- Interactive map of the Partnership area

General information
- Location: Cooper Road, Phoenix, Maryland; moved from Pindell School Road, Fulton, Maryland in 1963
- Coordinates: 39°09′41″N 76°55′16″W﻿ / ﻿39.161485°N 76.921166°W
- Completed: 1722

Height
- Roof: Shingle

= Partnership (Fulton, Maryland) =

Partnership, is a historic building constructed in Fulton, Maryland, in Howard County, although the land was part of Anne Arundel County at the time of the construction. The building was formerly one of the oldest in Howard County until its relocation in 1963 to Phoenix, Maryland in Baltimore County.

Partnership is a three-bay wide brick construction house with a gambrel roof. The bricks were created on-site, some with animal footprints imbedded.

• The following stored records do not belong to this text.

//! Two endpoints with their handshakes and converters: from the first byte to events and requests.
//!
//! Begin with `Pair`, and with `specs/Pair.antt` of `ei_promises`, what contracts see of one.
#![tactic(auto)]

mod by_lists;
mod calling;
mod client_call;
mod client_steps;
mod following;
mod moving;
mod pair;
mod parts;
mod server_calls;
mod server_end;
mod serving;
mod shaking;
mod steady;
mod stepping;
mod storing;
mod texts;

pub use client_call::ClientCall;
pub use ei_linked::{Got, Record, Side};
pub use ei_promises::{Made, ServerCall};
pub use pair::Pair;
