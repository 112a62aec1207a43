//! The laws. Each function does nothing: its clauses are the laws.

ghost use Rattle.std.specs.Prelude.{◌≡◌, true, ℕ, List, [], ◌∷◌, ◌++◌, Some, None, length};
ghost use Rattle.ei_spec.specs.Piece.{Piece};
ghost use Rattle.ei_ends.specs.Sent.{Sent};
ghost use Rattle.ei_ends.specs.Agree.{oldest};
ghost use Rattle.ei_ends.specs.Way.{End};
ghost use Rattle.ei_ends.specs.Joined.{Joined};
ghost use Rattle.ei_reported.specs.Said.{Said, said};
ghost use Rattle.ei_reported.specs.Reported.{refusal};
ghost use Rattle.ei_steady.specs.Steady.{NoneRefused, after};
ghost use Rattle.ei_told.specs.Told.{event_of, all_said, after_connection, messages, NoneMissed, NeverRefused};

/// What a client took of a server's messages, where none was dropped.
pub fn told()
    // events that are taken one after another
    ensures more { (before ms : List Said) → NeverRefused before → NoneRefused before ms →
        NeverRefused (after before ms) }
    // the very messages, handles and all
    ensures taken { (x y : End) (to_y to_x : Piece) → Joined true x y to_y to_x → NoneMissed y.taken →
        messages y.taken ≡ oldest (length y.taken) x.sent }
    ensures prefix { (newer older ms : List Sent) → after_connection older ≡ Some ms →
        (more : List Sent) × (after_connection (newer ++ older) ≡ Some (more ++ ms)) }
    // no event that the client takes behind the connection is refused, where none that the server sent would be
    ensures never { (x y : End) (to_y to_x : Piece) (all ms : List Sent) (r : Sent) → Joined true x y to_y to_x →
        NoneMissed y.taken →
        after_connection x.sent ≡ Some all → NeverRefused (all_said all) →
        after_connection (messages y.taken) ≡ Some (r ∷ ms) →
        refusal (all_said ms) (said (event_of r)) ≡ None }
{}
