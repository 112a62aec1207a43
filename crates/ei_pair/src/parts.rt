//! What two ends with handshakers and converters are made of.

ghost use Rattle.std.specs.Prelude.{◌≡◌, IfOk};
ghost use Rattle.std.specs.Option.{option_copied, option_map};
ghost use Rattle.ei_linked.specs.TwoEnds.{IsWorld};
ghost use Rattle.ei_promises.specs.Pair.{connection_in, maps_in, IsNew};
ghost use Rattle.ei_pair.specs.Begun.{JoinsAt};
ghost use Rattle.ei_pair.specs.Parts.{pair_in};

use crate::server_end::ServerEnd;
use crate::storing::store_server;
use ei_event::EiEventConverter;
use ei_handler::Call;
use ei_handshake::{EiHandshaker, EisHandshaker, Versions};
use ei_linked::{Ends, Unsent};
use ei_request::Connection;
use ei_shaking::laws::server_messages;
use ei_types::ContextType;
use ei_wire::NoMemory;
use std::alloc::Global;
use std::marker::Model;

/// Both ends over links, with both handshakers and the client's converter; the server's stands at its end.
#[derive(Drop)]
pub(crate) struct Parts<H> {
    pub(crate) ends: Ends<ServerEnd>,
    pub(crate) asks: EiHandshaker,
    pub(crate) tells: EisHandshaker,
    pub(crate) converter: Option<EiEventConverter<H>>,
    pub(crate) initial_serial: u32,
    pub(crate) steady: bool,
    pub(crate) client_wanted: bool,
    pub(crate) server_wanted: bool,
}

impl<H> Model for Parts<H> {
    ghost use Rattle.ei_pair.specs.Parts.{PartsView, parts_code};

    ghost Value = { PartsView H };

    ghost coded = { parts_code H.code };

    ghost view = { λ p. record {
      ends = p.ends;
      asks = p.asks;
      tells = p.tells;
      converter = p.converter;
      serial = p.initial_serial;
      steady = p.steady;
      client_wanted = p.client_wanted;
      server_wanted = p.server_wanted;
    } };
}

/// Nothing waits to be sent.
fn nothing_unsent() -> Unsent
    ensures { result ≡ record { bytes = 0; handles = 0 } }
{
    Unsent {
        bytes: 0,
        handles: 0,
    }
}

/// A client and a server that shakes hands, over links, with what the server wrote stored.
fn joined(
    alloc: Global,
    client: ei_client::Context,
    server: ei_server::Context,
) -> Result<Ends<ServerEnd>, NoMemory>
    ensures { IfOk result (JoinsAt client server) }
{
    let mut ends = Ends::new(alloc, client, ServerEnd::Shaking(server));
    match store_server(&mut ends, nothing_unsent()) {
        Ok(()) => Ok(ends),
        Err(error) => {
            // by a call: at the end of a scope the drop of each field is proved anew
            drop(ends);
            Err(error)
        }
    }
}

impl<H: Call> Parts<H> {
    /// A new client of this name, and a server that has begun.
    pub(crate) fn new(
        alloc: Global,
        name: &str,
        context_type: ContextType,
        initial_serial: u32,
    ) -> Result<Parts<H>, NoMemory>
        ensures new { IfOk result (λ p. IsNew name.now context_type initial_serial (pair_in p)) }
        ensures serial { IfOk result (λ p. p.serial ≡ p.tells.serial) }
        ensures world { IfOk result (λ p. IsWorld (pair_in p).ends) }
    {
        server_messages();
        let asks = EiHandshaker::new(alloc, name, context_type)?;
        let Ok(client) = ei_client::Context::new(alloc) else {
            drop(asks);
            return Err(NoMemory);
        };
        let Ok(mut server) = ei_server::Context::new(alloc) else {
            drop(asks);
            drop(client);
            return Err(NoMemory);
        };
        let Ok(tells) = EisHandshaker::new(alloc, &mut server, initial_serial) else {
            drop(asks);
            drop(client);
            drop(server);
            return Err(NoMemory);
        };
        let Ok(ends) = joined(alloc, client, server) else {
            drop(asks);
            drop(tells);
            return Err(NoMemory);
        };
        Ok(Parts {
            ends,
            asks,
            tells,
            converter: None,
            initial_serial,
            steady: true,
            client_wanted: false,
            server_wanted: false,
        })
    }

    /// The server's connection; `None` exactly until its handshake is done.
    pub(crate) fn handle(&self) -> Option<&Connection>
        ensures { option_copied result ≡ connection_in (pair_in self.now).server }
    {
        match &self.ends.server.context {
            ServerEnd::Shaking(_) => None,
            ServerEnd::Talking(converter) => Some(converter.handle()),
        }
    }

    /// The versions that both ends settled; `None` exactly until both handshakes are done.
    pub(crate) fn maps(&self) -> Option<(&Versions, &Versions)>
        ensures { option_map (λ m. (m.0.now, m.1.now)) result ≡ maps_in (pair_in self.now) }
    {
        let client = self.converter.as_ref()?;
        let server = self.handle()?;
        Some((client.connection().negotiated(), server.negotiated()))
    }
}
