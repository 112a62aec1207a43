//! Sessions over worked streams, as the definitions have them. Each function does nothing: its clauses are the sessions.

ghost use Rattle.std.specs.Prelude.{◌≡◌, ℕ, ◌+◌, List, [], ◌∷◌, ◌++◌, map, length, codes, pos};
ghost use Rattle.ei_spec.specs.declared.handle.Handle.{Handle};
ghost use Rattle.ei_spec.specs.Message.{header, le4, all_bytes};
ghost use Rattle.ei_session.specs.Events.{replies};
ghost use Rattle.ei_spec.specs.Groups.{Timed, Framed, Plain};
ghost use Rattle.ei_spec.specs.Reading.{EndOfMessage, Utf8, InvalidId, InvalidOpcode, InvalidVariant, HeaderLength, MessageLength, InvalidNull};
ghost use Rattle.ei_types.specs.declared.error.HandshakeError.TheVariants as handshake;
ghost use Rattle.ei_types.specs.declared.error.RequestError.TheVariants as request;
ghost use Rattle.ei_types.specs.declared.enums.ButtonState.TheVariants as button_state;
ghost use Rattle.ei_types.specs.declared.enums.KeyState.TheVariants as key_state;
ghost use Rattle.ei_session.specs.Setup.{Setup, connection_id, seat_id};
ghost use Rattle.ei_input.specs.declared.input_event.InputEvent.TheVariants as input_event;
ghost use Rattle.ei_input.specs.Inputs.{float, floats, touching};
ghost use Rattle.ei_session.specs.Refusals.{Handshake, Request, Parse, InvalidInterfaceVersion};
ghost use Rattle.ei_session.specs.Requests.{Bind, DeviceClosed, DeviceStartEmulating, DeviceStopEmulating, Ready, Disconnect as Disconnects};
ghost use Rattle.ei_session.specs.Served.{session, Disconnect, End, UnexpectedEof, PieceLimit, HandleLimit, Refused};
ghost use Rattle.ei_session.specs.Worked.{buttons, with_capabilities, parts, piece, single_bytes, laden_bytes, answer, requests, reply_bytes, shaken, greeted};
ghost use Rattle.ei_session.specs.Worked.{connected_with, disconnect, sync, called, bind, device_id, interface_id, device_of_button, resumed, press, frame};
ghost use Rattle.ei_session.specs.Worked.{ready, release, destroyed, invalid_object, touch_down, touch_motion, touch_up, touch_cancel, sixteen_down};
ghost use Rattle.ei_session.specs.Worked.{touchscreen_announced, three_announced, finish, longest_text, too_long_text, empty_text};
ghost use Rattle.ei_session.specs.WorkedWhole.{all_setup, all_shaken, all_asked, all_connected, all_replied};
ghost use Rattle.ei_session.specs.WorkedWhole.{gesture_setup, gestures_shaken, gestures_connected, gestures_asked};

/// A handshake and a disconnect, whole and byte by byte.
pub fn handshakes()
    ensures nothing { answer buttons [] ≡ UnexpectedEof }
    ensures greeted { reply_bytes buttons [] ≡ greeted }
    ensures ends { answer buttons (shaken ∷ disconnect ∷ []) ≡ Disconnect }
    ensures replies { reply_bytes buttons (shaken ∷ disconnect ∷ []) ≡ connected_with 5 }
    ensures requests { requests buttons [] (shaken ∷ disconnect ∷ []) ≡ Plain Disconnects ∷ [] }
    ensures bytes { (session buttons (single_bytes (parts (shaken ∷ disconnect ∷ [])))).answer ≡ Disconnect }
    ensures limited { (session (record { serial = 5; capabilities = 32; pieces = 143 })
        (single_bytes (parts (shaken ∷ disconnect ∷ [])))).answer ≡ PieceLimit }
    ensures handles { (h : Handle) → (session buttons (laden_bytes h (parts (shaken ∷ disconnect ∷ [])))).answer ≡
        HandleLimit }
    ensures handled { (h : Handle) → all_bytes
        (replies buttons (session buttons (laden_bytes h (parts (shaken ∷ disconnect ∷ [])))).handled) ≡ greeted }
    ensures no_piece { (session (record { serial = 5; capabilities = 32; pieces = 0 }) (piece shaken ∷ [])).answer ≡
        PieceLimit }
    ensures none_came { (session (record { serial = 5; capabilities = 32; pieces = 0 }) []).answer ≡ UnexpectedEof }
    ensures what_follows { answer buttons (shaken ∷ parts (disconnect ∷ (255 ∷ 255 ∷ []) ∷ []) ∷ []) ≡ Disconnect }
    ensures waits { answer buttons (shaken ∷ (0 ∷ 0 ∷ 0 ∷ 0 ∷ 0 ∷ 0 ∷ 0 ∷ 0 ∷ 0 ∷ 0 ∷ 0 ∷ 0 ∷ 0 ∷ 0 ∷ 0 ∷ []) ∷ []) ≡
        End }
    ensures wraps { reply_bytes (record { serial = 4294967295; capabilities = 32; pieces = 200 })
        (shaken ∷ bind 32 ∷ [])
        ≡ parts (connected_with 4294967295 ∷ device_of_button ∷ resumed 0 ∷ []) }
{}

/// What a fresh server says of messages of the handshake.
pub fn first_messages()
    ensures short { answer buttons (parts (header 0 15 1 ∷ []) ∷ []) ≡ Refused (Parse (HeaderLength 15)) }
    ensures long { answer buttons (parts (header 0 1048577 1 ∷ []) ∷ []) ≡ Refused (Parse (HeaderLength 1048577)) }
    ensures left_over { answer buttons (parts (header 0 20 1 ∷ le4 0 ∷ []) ∷ []) ≡
        Refused (Parse (MessageLength 24 20)) }
    ensures variant { answer buttons (parts (header 0 20 2 ∷ le4 3 ∷ []) ∷ []) ≡
        Refused (Parse (InvalidVariant (codes "ContextType") 3)) }
    ensures opcode { answer buttons (header 0 16 5 ∷ []) ≡ Refused (Parse (InvalidOpcode (codes "handshake") 5)) }
    ensures null { answer buttons (parts (header 0 20 3 ∷ le4 0 ∷ []) ∷ []) ≡ Refused (Parse InvalidNull) }
    ensures named { answer buttons (parts (header 0 24 3 ∷ le4 3 ∷ (97 ∷ 98 ∷ 7 ∷ 0 ∷ []) ∷ []) ∷ []) ≡ UnexpectedEof }
    ensures utf8 { answer buttons (parts (header 0 24 3 ∷ le4 3 ∷ (97 ∷ 255 ∷ 0 ∷ 0 ∷ []) ∷ []) ∷ []) ≡
        Refused (Parse (Utf8 1)) }
    ensures ends { answer buttons (parts (header 0 20 3 ∷ le4 5 ∷ []) ∷ []) ≡ Refused (Parse EndOfMessage) }
    ensures twice { answer buttons (parts (header 0 24 3 ∷ le4 3 ∷ (97 ∷ 98 ∷ 7 ∷ 0 ∷ []) ∷ []) ∷ parts
        (header 0 24 3 ∷ le4 3 ∷
        (97 ∷ 98 ∷ 7 ∷ 0 ∷ []) ∷ []) ∷ []) ≡ Refused (Handshake handshake.DuplicateEvent) }
    ensures missing { answer buttons (finish ∷ []) ≡ Refused (Handshake handshake.MissingInterface) }
    ensures stranger { answer buttons (header 9 16 0 ∷ []) ≡ Refused (Handshake (handshake.InvalidObject 9)) }
{}

/// A device of a button: its events, its inputs and its end.
pub fn devices()
    ensures bound { answer buttons (shaken ∷ bind 32 ∷ []) ≡ End }
    ensures events { reply_bytes buttons (shaken ∷ bind 32 ∷ disconnect ∷ []) ≡
        parts (connected_with 5 ∷ device_of_button ∷ resumed 6 ∷ []) }
    ensures requests { requests buttons [] (shaken ∷ bind 32 ∷ disconnect ∷ []) ≡
        Plain (Bind seat_id 32) ∷ Plain Disconnects ∷ [] }
    ensures framed { requests buttons [] (shaken ∷ bind 32 ∷ press ∷ frame 6 9 ∷ frame 6 10 ∷ disconnect ∷ []) ≡
        Plain (Bind seat_id 32) ∷ Timed device_id (input_event.Button 272 button_state.Press) 9
        ∷ Framed device_id 6 9 ∷ Plain Disconnects ∷ [] }
    ensures ready { requests buttons (77 ∷ []) (shaken ∷ bind 32 ∷ press ∷ ready ∷ disconnect ∷ []) ≡
        Plain (Bind seat_id 32) ∷ Timed device_id (input_event.Button 272 button_state.Press) 77
        ∷ Framed device_id 6 77 ∷ Plain
        (Ready device_id) ∷ Plain Disconnects ∷ [] }
    ensures unframed { requests buttons [] (shaken ∷ bind 32 ∷ press ∷ disconnect ∷ []) ≡
        Plain (Bind seat_id 32) ∷ Plain Disconnects ∷ [] }
    ensures closed { requests buttons (77 ∷ [])
        (shaken ∷ bind 32 ∷ press ∷ release interface_id ∷ release device_id ∷ disconnect ∷ []) ≡
        Plain (Bind seat_id 32) ∷ Timed device_id (input_event.Button 272 button_state.Press) 77
        ∷ Framed device_id 7 77 ∷ Plain
        (DeviceClosed device_id) ∷ Plain Disconnects ∷ [] }
    ensures destroyed { reply_bytes buttons
        (shaken ∷ bind 32 ∷ press ∷ release interface_id ∷ release device_id ∷ disconnect ∷ []) ≡
        parts (connected_with 5 ∷ device_of_button ∷ resumed 6 ∷ destroyed interface_id 7 ∷ destroyed device_id 8 ∷
        []) }
    ensures no_mask { requests buttons [] (shaken ∷ bind 0 ∷ []) ≡ Plain (Bind seat_id 0) ∷ [] }
    ensures no_device { reply_bytes buttons (shaken ∷ bind 0 ∷ []) ≡ connected_with 5 }
    ensures past_all { answer buttons (shaken ∷ bind 128 ∷ []) ≡ Refused (Request request.InvalidCapabilities) }
    ensures not_given { answer buttons (shaken ∷ bind 1 ∷ []) ≡ Refused (Request request.InvalidCapabilities) }
{}

/// Messages to objects that aren't there.
pub fn strangers()
    ensures other { reply_bytes buttons (shaken ∷ header 9 16 0 ∷ []) ≡
        parts (connected_with 5 ∷ invalid_object 5 9 ∷ []) }
    ensures handshake { reply_bytes buttons (shaken ∷ header 0 16 0 ∷ []) ≡
        parts (connected_with 5 ∷ invalid_object 5 0 ∷ []) }
    ensures early { reply_bytes buttons (shaken ∷ release device_id ∷ bind 32 ∷ [])
        ≡ parts (connected_with 5 ∷ invalid_object 5 device_id ∷ device_of_button ∷ resumed 6 ∷ []) }
    ensures live { requests buttons [] (shaken ∷ release device_id ∷ bind 32 ∷ ready ∷ []) ≡
        Plain (Bind seat_id 32) ∷ Plain (Ready device_id) ∷ [] }
{}

/// Callbacks: their ids rise, and their version is 1.
pub fn callbacks()
    ensures called { reply_bytes buttons (shaken ∷ sync 1 1 ∷ sync 7 1 ∷ sync 7 1 ∷ []) ≡
        parts (connected_with 5 ∷ called 1 ∷ called 7 ∷ []) }
    ensures again { answer buttons (shaken ∷ sync 1 1 ∷ sync 7 1 ∷ sync 7 1 ∷ []) ≡ Refused (Parse (InvalidId 7)) }
    ensures last { answer buttons (shaken ∷ sync 0xfeffffffffffffff 1 ∷ []) ≡ End }
    ensures after_last { answer buttons (shaken ∷ sync 0xfeffffffffffffff 1 ∷ sync 1 1 ∷ []) ≡
        Refused (Parse (InvalidId 1)) }
    ensures own { answer buttons (shaken ∷ sync connection_id 1 ∷ []) ≡ Refused (Parse (InvalidId connection_id)) }
    ensures zero { answer buttons (shaken ∷ sync 0 1 ∷ []) ≡ Refused (Parse (InvalidId 0)) }
    ensures version { answer buttons (shaken ∷ sync 1 2 ∷ []) ≡
        Refused (InvalidInterfaceVersion (codes "ei_callback") 2) }
{}

/// Touches: at most sixteen are down, each once.
pub fn touches()
    ensures sixteen { answer (with_capabilities 8) (touchscreen_announced ∷ shaken ∷ bind 8 ∷ sixteen_down ∷ []) ≡ End }
    ensures too_many { answer (with_capabilities 8)
        (touchscreen_announced ∷ shaken ∷ bind 8 ∷ sixteen_down ∷ touch_down 0 ∷ [])
        ≡ Refused (Request request.TooManyTouches) }
    ensures again { answer (with_capabilities 8)
        (touchscreen_announced ∷ shaken ∷ bind 8 ∷ sixteen_down ∷ touch_up 3 ∷ touch_down 3 ∷ []) ≡ End }
    ensures again_too_many { answer (with_capabilities 8)
        (touchscreen_announced ∷ shaken ∷ bind 8 ∷ sixteen_down ∷ touch_up 3 ∷ touch_down 3 ∷ touch_down 4 ∷ []) ≡
        Refused (Request request.TooManyTouches) }
    ensures duplicated { answer (with_capabilities 8)
        (touchscreen_announced ∷ shaken ∷ bind 8 ∷ touch_down 4 ∷ touch_down 4 ∷ [])
        ≡ Refused (Request request.DuplicatedTouchDown) }
    ensures cancelled { answer (with_capabilities 8)
        (touchscreen_announced ∷ shaken ∷ bind 8 ∷ touch_down 4 ∷ touch_cancel 4 ∷ []) ≡ End }
    ensures old { answer (with_capabilities 8) (shaken ∷ bind 8 ∷ touch_down 4 ∷ touch_cancel 4 ∷ [])
        ≡ Refused (InvalidInterfaceVersion (codes "ei_touchscreen") 1) }
    ensures unheard { requests (with_capabilities 8) []
        (touchscreen_announced ∷ shaken ∷ bind 8 ∷ touch_down 4 ∷ touch_motion 5 ∷ touch_up 4 ∷ touch_up 4 ∷
        touch_cancel 4 ∷ frame 6 9 ∷ []) ≡
        Plain (Bind seat_id 8) ∷ Timed device_id (touching input_event.TouchDown 4 0 0) 9
        ∷ Timed device_id (input_event.TouchUp 4) 9 ∷ Framed device_id 6 9 ∷ [] }
{}

/// Texts of 1 to 254 bytes.
pub fn texts()
    ensures longest { answer (with_capabilities 64) (shaken ∷ bind 64 ∷ longest_text ∷ []) ≡ End }
    ensures too_long { answer (with_capabilities 64) (shaken ∷ bind 64 ∷ too_long_text ∷ []) ≡
        Refused (Request request.InvalidTextLength) }
    ensures empty { answer (with_capabilities 64) (shaken ∷ bind 64 ∷ empty_text ∷ []) ≡
        Refused (Request request.InvalidTextLength) }
{}

/// A whole session of a client that has the interfaces of the protocol.
pub fn whole_session()
    ensures answer { answer all_setup (all_shaken ++ all_asked) ≡ Disconnect }
    ensures bytes_in { length (parts all_shaken) ≡ 524 }
    ensures bytes_out { length all_replied ≡ 1408 }
    ensures longest_reply { length all_connected ≡ 20 + 804 }
    ensures replies { reply_bytes all_setup (all_shaken ++ all_asked) ≡ all_replied }
    ensures requests { requests all_setup [] (all_shaken ++ all_asked) ≡
        Plain (Bind seat_id 127)
        ∷ Plain (DeviceStartEmulating device_id 2 1)
        ∷ Timed device_id (input_event.KeyboardKey 30 key_state.Press) 1000
        ∷ Framed device_id 2 1000
        ∷ Timed device_id (floats input_event.PointerMotion 0x3f800000 0xbf800000) 2000
        ∷ Timed device_id (input_event.ScrollDiscrete (pos 0) (pos 120)) 2000
        ∷ Framed device_id 2 2000
        ∷ Plain (DeviceStopEmulating device_id 2)
        ∷ Plain (DeviceClosed device_id)
        ∷ Plain Disconnects
        ∷ [] }
{}

/// A client that has all interfaces, under all capabilities: no reply is longer than the one to its finish.
pub fn gestures()
    ensures answer { answer gesture_setup (gestures_shaken ++ gestures_asked) ≡ End }
    ensures longest_reply { length gestures_connected ≡ 20 + 888 }
    ensures replies { reply_bytes gesture_setup gestures_shaken ≡ gestures_connected }
    ensures requests { requests gesture_setup [] (gestures_shaken ++ gestures_asked) ≡
        Plain (Bind seat_id 128)
        ∷ Timed device_id (touching input_event.GestureSwipe 3 0x3f800000 0) 9
        ∷ Timed device_id (input_event.GesturePinch (float 0x40000000)) 9
        ∷ Framed device_id 6 9
        ∷ [] }
{}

In 1719, the land named Partnership was patented by Thomas Worthington (c. 1890–1753). A brick home was constructed on-site at what was a slave tobacco plantation. Worthington's daughter Katherine (1720–1788) took the property as part of a dowry to her marriage with Captain Nicholas Gassaway. Captain Gassaway (c. 1719–1755) resided on the property and estate in 1775 when he willed it to his son Brice John Gassaway (1755–1806). The house was bought by James Cox, then sold to Hamilton Moore in 1851. The house is best known as the Moore house, with Moore's granddaughter, Mrs. George Skaggs, owning it until 1960. The 700-acre farm was part of "Hell's Corner", with the southern boundary forming Scaggsville Road, and the post stop of Scaggsville, Maryland. The property was purchased by the Khrum family. In 1963, the property was purchased at the same time as large tracts of farmland were being assembled for the creation of The Rouse Company development Columbia. P.T. McHenry, the developer of Mooresfield single family homes sold the home to William W. Cooper for its relocation to Phoenix, Maryland, after the outbuildings were demolished.

The building was featured in the 1969 film adaptation of Helen Jean Burn's Nightmare's Child on Maryland Public Television.